Property resale profits have dipped again as the housing market shifts in buyers' favour.
CoreLogic's latest Pain & Gain report shows the proportion of properties resold for more than the original purchase price fell slightly to 92.9 percent through the first quarter of 2024, compared to the previous quarter's 93.5 percent, as affordability and high mortgage interest rates weighed on buyers' activity.
The market increasingly favoured buyers with a rising number of listings, taking pricing power out of the hands of sellers.
CoreLogic chief property economist Kelvin Davidson said the drop in resale performance was consistent with wider market patterns.

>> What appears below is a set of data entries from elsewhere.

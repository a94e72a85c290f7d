//! The case of headers: what is written of options, and whether it reads back.
//!
//! ```text
//! header FLAGS BLOCK MOST CAPACITY ID TOLD COOKIE     HEX BITS same, or HEX BITS other
//! ```
//!
//! `FLAGS` is the number of the option flags, `MOST` and `CAPACITY` are numbers or `-`, `ID` is `-`, `nil`, or `id:` and
//! the hex of a text, `TOLD` and `COOKIE` are 0 or 1.

ghost use Rattle.std.specs.Prelude.{◌≤◌, ◌^◌, IfOk, IfSome, length};
ghost use Rattle.exi_options.specs.Writing.{IsNamable};

use bitflags::Flags;
use exi_bits::BitOut;
use exi_cases::fields::{bound_of, text_of};
use exi_cases::show;
use exi_gram::{OptionFlags, Options, SchemaWord};
use exi_header::{Header, read_header, write_header};
use exi_names::Txt;
use exi_text::is_writable;
use std::alloc::{AllocError, Global};

/// The parts of a case that are numbers.
#[derive(Clone, Copy)]
struct Numbers {
    flags: u8,
    block: u128,
    most: Option<u128>,
    capacity: Option<u128>,
}

fn numbers_of(flags: &str, block: &str, most: &str, capacity: &str) -> Option<Numbers> {
    Some(Numbers {
        flags: flags.parse::<u8>().ok()?,
        block: block.parse::<u128>().ok()?,
        most: bound_of(most)?,
        capacity: bound_of(capacity)?,
    })
}

/// 0 or 1.
fn truth(text: &str) -> Option<bool> {
    match text {
        "0" => Some(false),
        "1" => Some(true),
        _ => None,
    }
}

/// What a name says of the schema, where it can be told.
fn named(name: Txt) -> Option<SchemaWord>
    ensures { IfSome result IsNamable }
{
    if name.count() > 65_536 || !is_writable(&name) {
        return None;
    }
    Some(SchemaWord::Id(name))
}

/// What the hex of a text says of the schema.
fn schema_by(alloc: Global, hex: &str) -> Result<Option<SchemaWord>, AllocError>
    ensures { IfOk result (λ r. IfSome r IsNamable) }
{
    match text_of(alloc, if hex.is_empty() { "-" } else { hex })? {
        Some(name) => Ok(named(name)),
        None => Ok(None),
    }
}

/// What is said of the schema.
fn schema_of(alloc: Global, text: &str) -> Result<Option<SchemaWord>, AllocError>
    ensures { IfOk result (λ r. IfSome r IsNamable) }
{
    if text == "-" {
        return Ok(Some(SchemaWord::Absent));
    }
    if text == "nil" {
        return Ok(Some(SchemaWord::Nil));
    }
    match text.strip_prefix("id:") {
        Some(hex) => schema_by(alloc, hex),
        None => Ok(None),
    }
}

/// Whether the two say the same of the schema.
fn same_schema(one: &SchemaWord, other: &SchemaWord) -> bool {
    match (one, other) {
        (SchemaWord::Absent, SchemaWord::Absent) | (SchemaWord::Nil, SchemaWord::Nil) => true,
        (SchemaWord::Id(one), SchemaWord::Id(other)) => one.same(other),
        _ => false,
    }
}

fn same_options(one: &Options, other: &Options) -> bool {
    one.flags.bits() == other.flags.bits()
        && one.block == other.block
        && one.most == other.most
        && one.capacity == other.capacity
        && same_schema(&one.schema, &other.schema)
}

/// Whether the header is that of the options, with the body behind all that was written.
fn is_same(header: &Header, options: &Options, told: bool, end: u128) -> bool {
    header.told == told && u128::from(header.body) == end && same_options(&header.options, options)
}

/// Whether what was written reads back.
fn reads_back(alloc: Global, out: &BitOut, options: &Options, told: bool) -> bool {
    let bytes = out.bytes();
    if bytes.len() > 1 << 32 {
        return false;
    }
    match read_header(alloc, bytes, options) {
        Ok(header) => is_same(&header, options, told, out.bits()),
        Err(_) => false,
    }
}

/// What is written of options.
fn written(
    alloc: Global,
    options: &Options,
    told: bool,
    cookie: bool,
) -> Result<Option<String>, AllocError>
    requires name { IsNamable options.now.schema }
{
    let out = write_header(alloc, options, told, cookie)?;
    let Some(bits) = show::bits(alloc, &out)? else {
        return Ok(None);
    };
    let word = if reads_back(alloc, &out, options, told) {
        "same"
    } else {
        "other"
    };
    Ok(Some(format!(in alloc; "{bits} {word}")?))
}

/// The same, by the parts of a case, where the options do not conflict.
fn written_by(
    alloc: Global,
    numbers: Numbers,
    schema: SchemaWord,
    told: bool,
    cookie: bool,
) -> Result<Option<String>, AllocError>
    requires name { IsNamable schema }
{
    let options = Options {
        flags: OptionFlags::from_bits_retain(numbers.flags),
        schema,
        block: numbers.block,
        most: numbers.most,
        capacity: numbers.capacity,
    };
    if options.conflicts() {
        return Ok(None);
    }
    written(alloc, &options, told, cookie)
}

/// The answer by the parts of a case.
fn told_by(
    alloc: Global,
    numbers: Numbers,
    id: &str,
    told: bool,
    cookie: bool,
) -> Result<Option<String>, AllocError> {
    match schema_of(alloc, id)? {
        Some(schema) => written_by(alloc, numbers, schema, told, cookie),
        None => Ok(None),
    }
}

/// `header FLAGS BLOCK MOST CAPACITY ID TOLD COOKIE`
pub fn answer(alloc: Global, fields: &[&str]) -> Result<Option<String>, AllocError> {
    let ["header", flags, block, most, capacity, id, told, cookie] = fields else {
        return Ok(None);
    };
    let Some(numbers) = numbers_of(flags, block, most, capacity) else {
        return Ok(None);
    };
    let (Some(told), Some(cookie)) = (truth(told), truth(cookie)) else {
        return Ok(None);
    };
    told_by(alloc, numbers, id, told, cookie)
}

"However the share of properties being resold for a gain is still reasonably high at more than nine in 10, and resale profits have been hovering around the $300,000 mark since Q2 last year," he said.
"Anybody who's owned for the typical seven to eight years will almost inevitably sell for a gross profit."

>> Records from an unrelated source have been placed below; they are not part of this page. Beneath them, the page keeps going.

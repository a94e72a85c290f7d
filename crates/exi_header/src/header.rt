use exi_gram::Options;

/// What a stream's header says.
#[derive(Debug, Drop)]
pub struct Header {
    /// The options by which the body is read.
    pub options: Options,
    /// Whether the stream tells them in an options document.
    pub told: bool,
    /// The bit of the code that opened the document's schemaId; none where there is none.
    pub schema_bit: Option<u64>,
    /// The bit at which the body begins.
    pub body: u64,
}

/// The bytes `$EXI`, which may stand at the head of a stream (EXI 1.0, section 5.1).
pub const COOKIE: u64 = 0x2445_5849;
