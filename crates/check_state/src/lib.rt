// The check of a state handed in: the setup numbers, the order places lent, then the rest. The rest is what is asked of each
// superblock alone, then, by one recount, the totals and the emptiness invariant, the names, the ranks, and the runs.
#![tactic(auto)]

ghost use Rattle.std.specs.Prelude.{◌≡◌};
ghost use Rattle.refusal_rules.specs.RefusalNumbers.{number_if_refused};
ghost use Rattle.check_state.specs.FirstRefusal.{first_refusal, counts_valid};

use check_limits::setup_refusal;
use heap_rules::State;
use refusal_rules::Refusal;

// The refusals that all calls on a state share: 13 for setup numbers, 12, the rest of 13. Of the rest, what is asked of each superblock
// alone comes first: it is the longer part.
pub fn first_refusal(s: State, order: &[u16]) -> Result<(), Refusal>
    ensures { number_if_refused result ≡ first_refusal s order.now }
{
    setup_refusal(s.setup, order).map_err(|fault| fault.refusal(Refusal::StateInvalid))?;
    if check_superblock::each_valid(s.setup, s.table, order)
        && counts_valid(&s)
        && check_names::names_valid(s)
        && check_ranks::ranks_valid(s)
        && check_runs::runs_valid(s.table)
    {
        Ok(())
    } else {
        Err(Refusal::StateInvalid)
    }
}

// The totals are those of a recount, by which no heap and class is to move superblocks.
fn counts_valid(s: &State) -> bool
    ensures { result ≡ counts_valid s.now }
{
    let counted = check_recount::recount(s.table);
    check_totals::same_totals(s.totals, counted)
        && check_invariant::emptiness_invariant(s.setup, counted)
}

However the gain did not always result in a cash windfall for sellers, unless they were owner-occupiers downsizing or investors selling out.
"Many owner-occupiers will simply be recycling the new equity into their next purchase," he said.
Davidson said North Island homes realised the largest gains, though sales in the main centres were mixed.
"Looking ahead, we expect an underwhelming upturn for sales volumes and house prices in 2024, as unaffordability pressures continue to play a role and mortgage rates generally stay high.
"In that environment, and with available listings on the market quite high, the outlook is arguably better news for buyers, but less positive for sellers."